On April 9, 2012, Morris submitted to the court written notification of his intention not to pursue damages from any defendant in the amount of the attorney fees he unnecessarily incurred in connection with his unsuccessful 2004 lawsuit against Cadence. On April 11, 2012, the parties held a telephone conference to discuss issues raised by Morris' notification. In the course of the telephone conference, Morris confirmed that he does not intend to seek damages in such amount, and that he has abandoned his claim to any such recovery. Morris further clarified that his stipulation does not extend to his claimed right to recover damages in the amount of the value of Simutech's putative claims against Cadence.

Also in the course of the telephone conference, in light of Morris' stipulation, defendants moved orally for summary judgment.

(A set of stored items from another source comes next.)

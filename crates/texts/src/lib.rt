// The table of an event's texts: for each key where its value lies in the text after the event, and where the event's own text does.

#![tactic(auto)]

ghost use Rattle.std.specs.Prelude.{◌≡◌, ◌+◌, ◌-◌, ◌≤◌, length, replicate, take};
ghost use Rattle.definition.specs.Codes.{kind_number, tag_number};
ghost use Rattle.definition.specs.Rows.{cell_at};
ghost use Rattle.definition.specs.Look.{payload, text_loads};
ghost use Rattle.plain.specs.Plain.{loads_in, parsed_in, text_if};
ghost use Rattle.fill.specs.Fill.{cell, as_cell};
ghost use Rattle.texts.specs.Texts.{text_put, texts_in, closed};
ghost use Rattle.texts.specs.EventTexts.{trimmed_of, quoted_of, Ended, Named, Texts};

use definition::codes::{Kind, Tag};
use fill::{TextCell, cell_in, put_cell};
use payload::Ends;
use plain::{Plain, Slot, bytes_of};
use words::trim;

// Places in the table of texts, and no kinds. Keys of texts that the code puts in itself: a generated name is an id; the event's own text, and an assign's in quotes, have numbers after those of the keys.
const ID: u32 = 1;

const TEXT: u32 = 29;

const QUOTED: u32 = 30;

// Where cells stand in the table, two numbers a key: none, the trimmed text, an assign's in quotes, and a text that is there even if it has no bytes.
const NONE_AT: usize = 0;

const TEXT_AT: usize = 58;

const QUOTED_AT: usize = 60;

const CONTENT_AT: usize = 62;

// The bytes from `at` to `end`, as a text.
#[tactic(auto, unfolding(fill::specs::Fill::as_cell))]
fn text_between(at: usize, end: usize) -> TextCell
    requires { (at ≤ end) × (end ≤ 65535) }
    ensures { as_cell result ≡ cell (at + 1) (end - at) }
{
    TextCell {
        at: (at + 1) as u32,
        len: (end - at) as u32,
    }
}

// A key's text, unless it has one.
#[tactic(auto, using(crate::proofs::Laws::put_none))]
fn put_text(t: &mut [u32], key: u32, text: TextCell)
    ensures { t.new ≡ text_put key (as_cell text) t.old }
{
    if 32 <= key {
        return;
    }
    let i = key as usize;
    if cell_in(t, i + i).at == 0 {
        put_cell(t, i + i, text);
    }
}

// Values, in order; the payload begins at `base`.
fn slot_texts(t: &mut [u32], src: &[u8], slots: &[Slot], base: usize)
    requires { base + length (payload (loads_in src.now slots.now)) ≤ 65535 }
    ensures { t.new ≡ texts_in base (loads_in src.now slots.now) t.old }
{
    let mut pos = base;
    for slot in slots {
        let end = pos + bytes_of(src, *slot).len();
        put_text(t, slot.number(), text_between(pos, end));
        pos = end;
    }
}

// All values, in order.
fn value_texts(t: &mut [u32], src: &[u8], p: &Plain, base: usize)
    requires { base + length (payload (loads_in src.now (take p.now.count p.now.slots))) ≤ 65535 }
    ensures { t.new ≡ texts_in base (loads_in src.now (take p.now.count p.now.slots)) t.old }
{
    slot_texts(t, src, p.values(), base);
}

// The event's own texts: trimmed, an assign's in quotes, and as a content.
fn close_texts(t: &mut [u32], trimmed: TextCell, quoted: TextCell, content: TextCell)
    ensures { t.new ≡ closed (as_cell trimmed) (as_cell quoted) (as_cell content) t.old }
{
    put_cell(t, NONE_AT, TextCell::NONE);
    put_cell(t, TEXT_AT, trimmed);
    put_cell(t, QUOTED_AT, quoted);
    put_cell(t, CONTENT_AT, content);
}

// The event's text at `at`, trimmed; an assign has none.
fn trimmed_cell(kind: Kind, tag: Tag, text: &[u8], at: usize, none: TextCell) -> TextCell
    requires { at + length (payload (text_loads (tag_number tag) (text_if (kind_number kind) text.now))) ≤ 65535 }
    ensures { as_cell result ≡ trimmed_of (tag_number tag) at (text_if (kind_number kind) text.now) (as_cell none) }
{
    if kind != Kind::Whole {
        return none;
    }
    if tag == Tag::Assign {
        return none;
    }
    let part = trim(text);
    TextCell {
        at: (at + part.off + 1) as u32,
        len: part.len as u32,
    }
}

// An assign's text in quotes, as it is written.
fn quoted_cell(kind: Kind, tag: Tag, text: &[u8], e: Ends) -> TextCell
    requires { (e.text ≡ e.values + length (payload (text_loads (tag_number tag) (text_if (kind_number kind) text.now)))) × (e.text ≤ 65535) }
    ensures { as_cell result ≡ quoted_of (tag_number tag) e.values (text_if (kind_number kind) text.now) }
{
    if kind != Kind::Whole {
        return TextCell::NONE;
    }
    if tag != Tag::Assign {
        return TextCell::NONE;
    }
    text_between(e.values, e.text)
}

// The event's text among the texts, by the key of texts or of quoted ones.
fn put_own(t: &mut [u32], kind: Kind, tag: Tag, text: &[u8], e: Ends)
    requires { (e.text ≡ e.values + length (payload (text_loads (tag_number tag) (text_if (kind_number kind) text.now)))) × (e.text ≤ 65535) }
    ensures { t.new ≡ texts_in e.values (text_loads (tag_number tag) (text_if (kind_number kind) text.now)) t.old }
{
    if kind != Kind::Whole {
        return;
    }
    let key = if tag == Tag::Assign { QUOTED } else { TEXT };
    put_text(t, key, text_between(e.values, e.text));
}

// A generated name among the texts, as the id.
fn put_made(t: &mut [u32], made: bool, e: Ends)
    requires { (e.text ≤ e.all) × (e.all ≤ 65535) }
    ensures { Named made e.text e.all t.old t.new }
{
    if made {
        put_text(t, ID, text_between(e.text, e.all));
    }
}

/// Where the texts of an event lie in the arena, by key, put into a table of zeros: its payload begins at `base`, and its parts end as `e` says.
pub fn texts_of(t: &mut [u32], src: &[u8], p: &Plain, base: usize, made: bool, e: Ends)
    requires { (t.old ≡ replicate 64 0) × Ended base (parsed_in src.now p.now) e }
    ensures { Texts base (parsed_in src.now p.now) made e t.new }
{
    let text = bytes_of(src, p.text);
    value_texts(t, src, p, base);
    put_own(t, p.kind, p.tag, text, e);
    put_made(t, made, e);
    let a = trimmed_cell(p.kind, p.tag, text, e.values, TextCell::NONE);
    let q = quoted_cell(p.kind, p.tag, text, e);
    let nothing = text_between(base, base);
    let c = trimmed_cell(p.kind, p.tag, text, e.values, nothing);
    close_texts(t, a, q, c);
}

/// A key's text.
pub fn key_cell(t: &[u32], k: usize) -> TextCell
    requires { k ≤ 64 }
    ensures { as_cell result ≡ cell_at t.now (k + k) }
{
    cell_in(t, k + k)
}
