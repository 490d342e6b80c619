// Standard input, fed to the reader piece by piece.

#![tactic(auto)]

use definition::{Position, RegionId};
use pieces::Window;
use rows::lent::Lent;
use std::io::Stdin;

/// Why the input was not read to its end: a read failed, or an event was refused, with the first no and the event's place from 1.
#[derive(Clone, Copy)]
pub enum Stop {
    Failed,
    Refused { number: u32, event: u64 },
}

// Written out, since `Position` derives no `Default`.
fn start() -> Position {
    Position {
        opened: 0,
        states: 0,
        transitions: 0,
        regions: 0,
        entries: 0,
        invokes: 0,
        datums: 0,
        parameters: 0,
        members: 0,
        open_regions: 0,
        current: RegionId(0),
        ids: 0,
        docs: 0,
        names: 0,
        used: 0,
        charge: 0,
    }
}

/// The whole input, and the position after it. A loop that is proved has to end, and nothing says that the input does: it has more turns than any run uses up.
pub fn read_all(source: Stdin, lent: &mut Lent<'_>, buffer: &mut [u8]) -> Result<Position, Stop> {
    let mut window = Window::new(buffer);
    let mut position = start();
    let mut accepted: u64 = 0;
    for _ in 0..u64::MAX {
        let Ok(piece) = window.next_piece(source) else {
            return Err(Stop::Failed);
        };
        let fed = reader::chart_stream(lent, position, &window.buffer[..piece.end]);
        if fed.number != 0 {
            return Err(Stop::Refused {
                number: fed.number,
                event: accepted.saturating_add(fed.event as u64),
            });
        }
        position = fed.position;
        let Some(events) = piece.events else {
            return Ok(position);
        };
        accepted = accepted.saturating_add(events);
        window.done = piece.end;
    }
    Err(Stop::Failed)
}
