//! The machine on one thread: configurations and their steps.
#![tactic(auto)]

mod channels;
mod configurations;
mod endings;
mod events;
mod kept_tasks;
mod looks;
mod queue;
mod replays;
mod rounds;
mod runs;
mod steps;
mod turns;

pub use configurations::{Config, Put, Puts, Store, Stores};
pub use events::{Ending, Entries, Entry, Event, Stepped};
pub use looks::look;
pub use machine_tasks::{
    Act, Bind, Binds, Channel, Frame, Frames, Halt, Sending, StuckWhy, Task, Tasks, Twins, Value,
};
pub use replays::{Replayed, replay};
pub use steps::{start, step};
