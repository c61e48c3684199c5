//! What steps show, and how runs end.
use chan_base::{Name, Names};
use machine_tasks::{Halt, StuckWhy};
use sqlite_items::Items;

pub type Entries = Items<Entry>;

#[derive(Debug, Drop)]
pub enum Event {
    Silent,
    Fork(Name),
    Send(Name),
    Recv(Name),
    Print(i128),
    End,
}

/// What came of a step.
#[derive(Debug, Drop)]
pub enum Stepped {
    Moved(Event),
    Waits(Name),
    Ended,
    Absent,
    Halts(Halt),
    Stuck(StuckWhy),
}

/// A step in a round, that isn't silent.
#[derive(Debug, Drop)]
pub struct Entry {
    pub time: u64,
    pub name: Name,
    pub event: Event,
}

#[derive(Debug, Drop)]
pub enum Ending {
    Finished,
    Rounds,
    Range(Name),
    Depth(Name),
    Stuck(Name, StuckWhy),
    Deadlocked(Names),
    Leaked(Names),
}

It being the law of the case that the only damages available to Morris in this action are damages in the amount of the attorney fees he unnecessarily incurred in connection with his unsuccessful 2004 lawsuit against Cadence, and Morris having stipulated that he will not pursue such damages, defendants' oral motion is granted. Morris' claims in this action are dismissed. Having stated for the record his continuing and uninterrupted opposition to this court's previous decision to enter partial summary judgment in defendants' favor as to Morris' claimed right to recover money damages from the defendants in the amount of the value of Simutech's putative claims against Cadence, and on the understanding that he has thereby preserved that issue for appeal, Morris does not oppose entry of judgment on the foredescribed terms.

CONCLUSION

For the reasons set forth above, summary judgment is granted in defendants' favor as to all of Morris' claims in this action, and Morris' claims are dismissed with prejudice. Final judgment should be prepared.